Her radio shows have been known for their ironical comments on politicians and often sparked controversy. Apart from rising popularity, this led to the highest number of complaints to the Superior Audiovisual Council (CSA) in 2020, all media combined. The CSA, however, declared on several occasions that the comments made in the programmes "cannot be considered as exceeding the limits of freedom of expression." In 2020, Vanhoenacker's daily show By Jupiter! (referring to French president Emmanuel Macron) was enjoying growing success and had an audience of 1.3 million listeners per day on average. At the end of 2023, after her morning show had run for eight years, she had to stop after protests and death threats concerning a controversial sketch about Benjamin Netanyahu by her colleague Guillaume Meurice. On 23 June 2024, she further announced that France Inter had decided to end her satirical evening show Le Grand Dimanche soir that had been running for ten years. On the other hand, she was confirmed for her weekly show Bistroscopie and for a new morning show starting in August 2024.

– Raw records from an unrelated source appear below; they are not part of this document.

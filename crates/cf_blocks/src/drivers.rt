//! What drives the signals of a model, in order of their numbers.

ghost use Rattle.std.specs.Prelude.{◌≡◌, ◌<◌, ◌++◌, length, slice_index_or, IfOk, OnOk};
ghost use Rattle.cf_circuits.specs.Links.{callee as callee_of, is_output as output_of, no_model};
ghost use Rattle.cf_blocks.specs.Numbering.{backs_from, backs_of, drivers_of as all_drivers, formals_from, gate_of as numbered, made_from, number as number_of};

use crate::NoMemory;
use crate::numbers::Numbers;
use cf_circuits::gates::Gate as NamedGate;
use cf_circuits::pins::Call;
use cf_hierarchy::{Driver, Drivers, Gate};
use cf_names::Name;
use std::alloc::{AllocError, Global};

/// What drives the signals of the model at a place. Its covers are numbered from `cover` on.
pub(crate) fn drivers_of(
    alloc: Global,
    numbers: &Numbers,
    at: usize,
    cover: u64,
) -> Result<Drivers, NoMemory>
    requires { at < length numbers.now }
    ensures { let model = slice_index_or numbers.now at no_model in
        IfOk result (λ drivers. drivers ≡ all_drivers numbers.now cover model) }
{
    let model = &numbers.models()[at];
    let mut drivers = Drivers::new(alloc);
    add_formals(model.inputs.items(), &mut drivers)?;
    add_gates(alloc, numbers, at, cover, model.gates.items(), &mut drivers)?;
    add_calls(numbers, model.calls.items(), &mut drivers)?;
    Ok(drivers)
}

/// Adds what drives inputs.
fn add_formals(inputs: &[Name], drivers: &mut Drivers) -> Result<(), NoMemory>
    ensures { OnOk result (drivers.new ≡ drivers.old ++ formals_from 0 inputs.now) }
{
    for place in 0..inputs.len() {
        drivers.push(Driver::Formal(place as u64))?;
    }
    Ok(())
}

/// Adds gates of the model at a place, their covers numbered from `cover` on.
fn add_gates(
    alloc: Global,
    numbers: &Numbers,
    at: usize,
    cover: u64,
    gates: &[NamedGate],
    drivers: &mut Drivers,
) -> Result<(), NoMemory>
    requires { at < length numbers.now }
    ensures { let model = slice_index_or numbers.now at no_model in
        OnOk result (drivers.new ≡ drivers.old ++ made_from numbers.now model cover gates.now) }
{
    let mut next = cover;
    for gate in gates {
        drivers.push(Driver::Made(gate_of(alloc, numbers, at, next, gate)?))?;
        let Some(after) = next.checked_add(1) else {
            return Err(AllocError);
        };
        next = after;
    }
    Ok(())
}

/// A gate of the model at a place, over the numbers of its signals.
fn gate_of(
    alloc: Global,
    numbers: &Numbers,
    at: usize,
    cover: u64,
    gate: &NamedGate,
) -> Result<Gate, NoMemory>
    requires { at < length numbers.now }
    ensures { let model = slice_index_or numbers.now at no_model in
        IfOk result (λ g. g ≡ numbered numbers.now model cover gate.now) }
{
    let ins = numbers.number_all(alloc, at, gate.ins.items())?;
    Ok(Gate { ins, cover })
}

/// Adds what calls drive.
fn add_calls(numbers: &Numbers, calls: &[Call], drivers: &mut Drivers) -> Result<(), NoMemory>
    ensures { OnOk result (drivers.new ≡ drivers.old ++ backs_from numbers.now 0 calls.now) }
{
    for (place, call) in calls.iter().enumerate() {
        add_call(numbers, place as u64, call, drivers)?;
    }
    Ok(())
}

/// Adds what the call at a place drives: a formal has its number in the called model.
fn add_call(
    numbers: &Numbers,
    place: u64,
    call: &Call,
    drivers: &mut Drivers,
) -> Result<(), NoMemory>
    ensures { let callee = callee_of numbers.now call.now in
        OnOk result (drivers.new ≡ drivers.old
        ++ backs_of (output_of callee) (number_of numbers.now callee) place call.now.pins) }
{
    let Some(callee) = numbers.callee(call) else {
        return Ok(());
    };
    let pins = call.pins.items();
    for pin in pins {
        if numbers.is_output(callee, pin.formal.bytes()) {
            let formal = numbers.number(callee, pin.formal.bytes());
            drivers.push(Driver::Back {
                call: place,
                formal,
            })?;
        }
    }
    Ok(())
}
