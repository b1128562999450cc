//! The targets of a path in a document: what they are, as definitions, and how they are found.
#![tactic(auto)]

mod outer;
mod run;
mod target;

pub use outer::outermost;
pub use run::take_run;
pub use target::{Stands, Target, missing, targets};
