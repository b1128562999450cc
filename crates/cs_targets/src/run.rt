//! The names that a path ends with, and the path before them.
ghost use Rattle.std.specs.Prelude.{◌≡◌, ◌∷◌, [], IfOk, option_map, map, reverse};
ghost use Rattle.cs_jsonmatch.specs.View.{step_of, path_of, item_of, items_of};
ghost use Rattle.cs_targets.specs.Targets.{one_name, plain_name as plain_word, cut};
ghost use Rattle.cs_targets.specs.Runs.{last_plain};

use cs_jsonmatch::{Item, Items, Step};
use cs_value::{NoMemory, Txt};
use std::alloc::Global;

fn name_of(item: &Item) -> Option<&Txt>
    ensures { option_map (λ n. n.now) result ≡ one_name (item_of item.now ∷ []) }
{
    match item {
        Item::Named(name) => Some(name),
        Item::Position(_) => None,
        Item::Range(_, _) => None,
        Item::Every => None,
        Item::Meets(_) => None,
    }
}

fn only_name(items: &[Item]) -> Option<&Txt>
    ensures { option_map (λ n. n.now) result ≡ one_name (map item_of items.now) }
{
    let Some((first, rest)) = items.split_first() else {
        return None;
    };
    if rest.len() > 0 {
        return None;
    }
    name_of(first)
}

fn name_among(items: &Items) -> Option<&Txt>
    ensures { option_map (λ n. n.now) result ≡ one_name (items_of items.now) }
{
    match items {
        Items::One(item) => name_of(item),
        Items::Many(items) => only_name(items),
    }
}

fn plain_name(step: &Step) -> Option<&Txt>
    ensures { option_map (λ n. n.now) result ≡ plain_word (step_of step.now) }
{
    if step.deep {
        None
    } else {
        name_among(&step.items)
    }
}

fn last_name(steps: &[Step]) -> Option<&Txt>
    ensures { option_map (λ n. n.now) result ≡ last_plain (reverse (path_of steps.now)) }
{
    match steps.split_last() {
        Some((last, _)) => plain_name(last),
        None => None,
    }
}

/// Takes the longest run of plain names off the end of the steps, and gives the names in their
/// order. It fails where memory is refused.
pub fn take_run(alloc: Global, steps: &mut Vec<Step>) -> Result<Vec<Txt>, NoMemory>
    ensures { IfOk result (λ names. cut [] (reverse (path_of steps.old.items))
        ≡ (names.items, reverse (path_of steps.new.items))) }
{
    let mut names = Vec::new(alloc);
    while let Some(name) = last_name(steps) {
        let copy = name.copy(alloc)?;
        names.push(copy)?;
        drop(steps.pop());
    }
    names.reverse();
    Ok(names)
}
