//! The targets of a path.
ghost use Rattle.std.specs.Prelude.{◌≡◌, ◌++◌, IfOk, OnOk, List, [], ◌∷◌, ℕ, cond, filter, map};
ghost use Rattle.cs_value.specs.View.{tree};
ghost use Rattle.cs_alter.specs.Within.{reach};
ghost use Rattle.cs_targets.specs.Targets.{targets_from, target_by};
ghost use Rattle.cs_targets.specs.Seen.{stands_of, way_of, seen, seen_of, is_absent, is_missing as missing_word};
ghost use Rattle.cs_jsonmatch.specs.View.{locations};
ghost use Rattle.cs_jsonmatch.specs.declared.places.Part.TheVariants.{Name};

use cs_alter::look;
use cs_jsonmatch::{Part, Place, copy_parts};
use cs_value::{NoMemory, Txt, Val};
use std::alloc::Global;

/// What stands at a target, as far as an operation of a patch asks.
#[derive(Clone, Copy, Drop)]
pub enum Stands {
    /// Something on the way is no object.
    Blocked,
    /// Nothing, and nothing is in the way.
    Absent,
    /// A number.
    Number(i64),
    /// A list.
    List,
    /// Null, a boolean, a text or an object.
    Other,
}

/// A target of a path, which ends with names that are followed from each place.
#[derive(Drop)]
pub struct Target {
    /// The place that the names lead on from.
    pub place: Vec<Part>,
    /// The location that they lead to.
    pub location: Vec<Part>,
    /// What stands there.
    pub stands: Stands,
}

fn standing(val: &Val) -> Stands
    ensures { result ≡ stands_of (tree val.now) }
{
    match val {
        Val::Num(number) => Stands::Number(*number),
        Val::List(_) => Stands::List,
        _ => Stands::Other,
    }
}

fn way(val: &Val, names: &[Txt]) -> Stands
    ensures { result ≡ way_of (reach names.now (tree val.now)) }
{
    let mut here = val;
    for name in names {
        let Val::Obj(object) = here else {
            return Stands::Blocked;
        };
        let Some(next) = object.get(name.as_str()) else {
            return Stands::Absent;
        };
        here = next;
    }
    standing(here)
}

fn location(alloc: Global, place: &[Part], names: &[Txt]) -> Result<Vec<Part>, NoMemory>
    ensures { IfOk result (λ parts. parts.items ≡ place.now ++ map Name names.now) }
{
    let mut parts = copy_parts(alloc, place)?;
    for name in names {
        parts.push(Part::Name(name.copy(alloc)?))?;
    }
    Ok(parts)
}

// The target that the names lead to from a place of the value, where nothing on the way blocks.
fn add_target(
    alloc: Global,
    start: &Val,
    place: &Place,
    names: &[Txt],
    found: &mut Vec<Target>,
) -> Result<(), NoMemory>
    ensures { OnOk result (map (seen names.now) found.new.items
        ≡ map (seen names.now) found.old.items ++ map seen_of
        (target_by place.now.parts.items names.now (reach names.now (tree start.now)))) }
{
    let stands = way(start, names);
    if let Stands::Blocked = stands {
        return Ok(());
    }
    found.push(Target {
        place: copy_parts(alloc, &place.parts)?,
        location: location(alloc, &place.parts, names)?,
        stands,
    })?;
    Ok(())
}

/// The targets that the names lead to from the places of the value, in the places' order. A place
/// from which something is in the way gives none. It fails where memory is refused.
pub fn targets(
    alloc: Global,
    val: &Val,
    places: &[Place],
    names: &[Txt],
) -> Result<Vec<Target>, NoMemory>
    ensures { IfOk result (λ ts. map (seen names.now) ts.items
        ≡ map seen_of (targets_from (tree val.now) names.now (locations places.now))) }
{
    let mut found = Vec::new(alloc);
    for place in places {
        if let Some(start) = look(val, &place.parts) {
            add_target(alloc, start, place, names, &mut found)?;
        }
    }
    Ok(found)
}

// Keeps the target where it is to be kept.
pub(crate) fn keep<'t>(
    keeps: bool,
    target: &'t Target,
    kept: &mut Vec<&'t Target>,
) -> Result<(), NoMemory>
    ensures { (ns : List (List ℕ)) → OnOk result (map (λ t. seen ns t.now) kept.new.items
        ≡ map (λ t. seen ns t.now) kept.old.items ++ cond keeps (seen ns target.now ∷ []) []) }
{
    if keeps {
        kept.push(target)?;
    }
    Ok(())
}

fn is_missing(target: &Target) -> bool
    ensures { result ≡ is_absent target.now.stands }
{
    matches!(target.stands, Stands::Absent)
}

/// The targets where nothing stands, in their order. It fails where memory is refused.
pub fn missing<'t>(alloc: Global, targets: &[&'t Target]) -> Result<Vec<&'t Target>, NoMemory>
    ensures { (ns : List (List ℕ)) → IfOk result (λ kept. map (λ t. seen ns t.now) kept.items
        ≡ filter missing_word (map (λ t. seen ns t.now) targets.now)) }
{
    let mut kept = Vec::new(alloc);
    for target in targets {
        keep(is_missing(target), target, &mut kept)?;
    }
    Ok(kept)
}
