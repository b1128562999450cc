//! The targets that are inside no other one. Where there are several, the locations of all are
//! held in a set, in which each location that a target lies in is looked up.
ghost use Rattle.std.specs.Prelude.{◌≡◌, IfOk, OnOk, List, ℕ, map, cond, true};
ghost use Rattle.std.specs.List.{list_any};
ghost use Rattle.cs_jsonmatch.specs.Places.{Location};
ghost use Rattle.cs_targets.specs.Seen.{seen, outer_seen};
ghost use Rattle.cs_targets.specs.Held.{is_held, same_location, any_before};

use crate::target::{Target, keep};
use cs_jsonmatch::Part;
use cs_value::NoMemory;
use std::alloc::Global;
use std::collections::BTreeSet;

fn hold<'t>(held: &mut BTreeSet<&'t [Part]>, location: &'t [Part]) -> Result<(), NoMemory>
    ensures { OnOk result ((l : Location) → is_held held.new l
        ≡ cond (same_location location.now l) true (is_held held.old l)) }
{
    drop(held.insert(location)?);
    Ok(())
}

// The locations of the targets.
fn locations<'t>(alloc: Global, targets: &'t [Target]) -> Result<BTreeSet<&'t [Part]>, NoMemory>
    ensures { IfOk result (λ held. (l : Location) → is_held held l
        ≡ list_any (λ t. same_location t.location.items l) targets.now) }
{
    let mut held = BTreeSet::new(alloc);
    for target in targets {
        hold(&mut held, &target.location)?;
    }
    Ok(held)
}

// Whether one of the locations is met on the way to the location, before its end.
fn is_inside_some(location: &[Part], held: &BTreeSet<&[Part]>) -> bool
    ensures { result ≡ any_before (is_held held.now) location.now }
{
    for length in 0..location.len() {
        if held.contains(&location[..length]) {
            return true;
        }
    }
    false
}

// The targets that are inside no other one, by a set of the locations of all.
fn outside_all<'t>(alloc: Global, targets: &'t [Target]) -> Result<Vec<&'t Target>, NoMemory>
    ensures { (ns : List (List ℕ)) → IfOk result
        (λ kept. map (λ t. seen ns t.now) kept.items ≡ outer_seen (map (seen ns) targets.now)) }
{
    let held = locations(alloc, targets)?;
    let mut kept = Vec::new(alloc);
    for target in targets {
        keep(!is_inside_some(&target.location, &held), target, &mut kept)?;
    }
    Ok(kept)
}

/// The targets that are inside no other one, in their order. A target is never inside itself, so
/// one alone is kept, and no set is made. It fails where memory is refused.
pub fn outermost<'t>(alloc: Global, targets: &'t [Target]) -> Result<Vec<&'t Target>, NoMemory>
    ensures { (ns : List (List ℕ)) → IfOk result
        (λ kept. map (λ t. seen ns t.now) kept.items ≡ outer_seen (map (seen ns) targets.now)) }
{
    let [target] = targets else {
        return outside_all(alloc, targets);
    };
    let mut kept = Vec::with_capacity(alloc, 1)?;
    kept.push(target)?;
    Ok(kept)
}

=== Other activities as journalist ===
From 2016 to 2017, Vanhoenacker hosted a humoristic programme at the end of L'Émission politique on French public TV channel France 2. In 2019, she became the co-editor of Siné Madame, a satirical companion magazine written and designed by women authors for French illustrated Siné Mensuel magazine, founded by French cartoonist Siné.

== Publications ==
In 2015, Vanhoenacker published a collection of her radio commentaries titled Bonjour la France (Good morning, France). For this, she chose 80 essays out of more than 600 of her morning shows at France Inter that are supposed to "stand the test of time". In Debout les damnés de l'Uber (Rise, you damned by Uber), published in 2020, she presented 80 satirical essays about life in the 21st century, including consumer culture, unemployment, the precarious conditions of people working for ride-sharing and delivery companies, as well as other aspects of modern life she compared to a rat race.

Further, she authored illustrated books dealing with political humour, the French president and everyday topics such as vacations.

- "Bonjour la France" (2015)
- with Guillaume Meurice, Cami (illustrations) (2019). "Le cahier de vacances de Manu : monsieur le président de la République"
- "Debout les damnés de l'Uber" (2020)
- "Le cahier de vacances de Manu: monsieur le président de la République (vol. 2)" (2020)
- "Aux vannes, citoyens! Petit essai d'humour politique" (2022)
- with Lecoq, Titiou (2023). "En vacances, Simone!"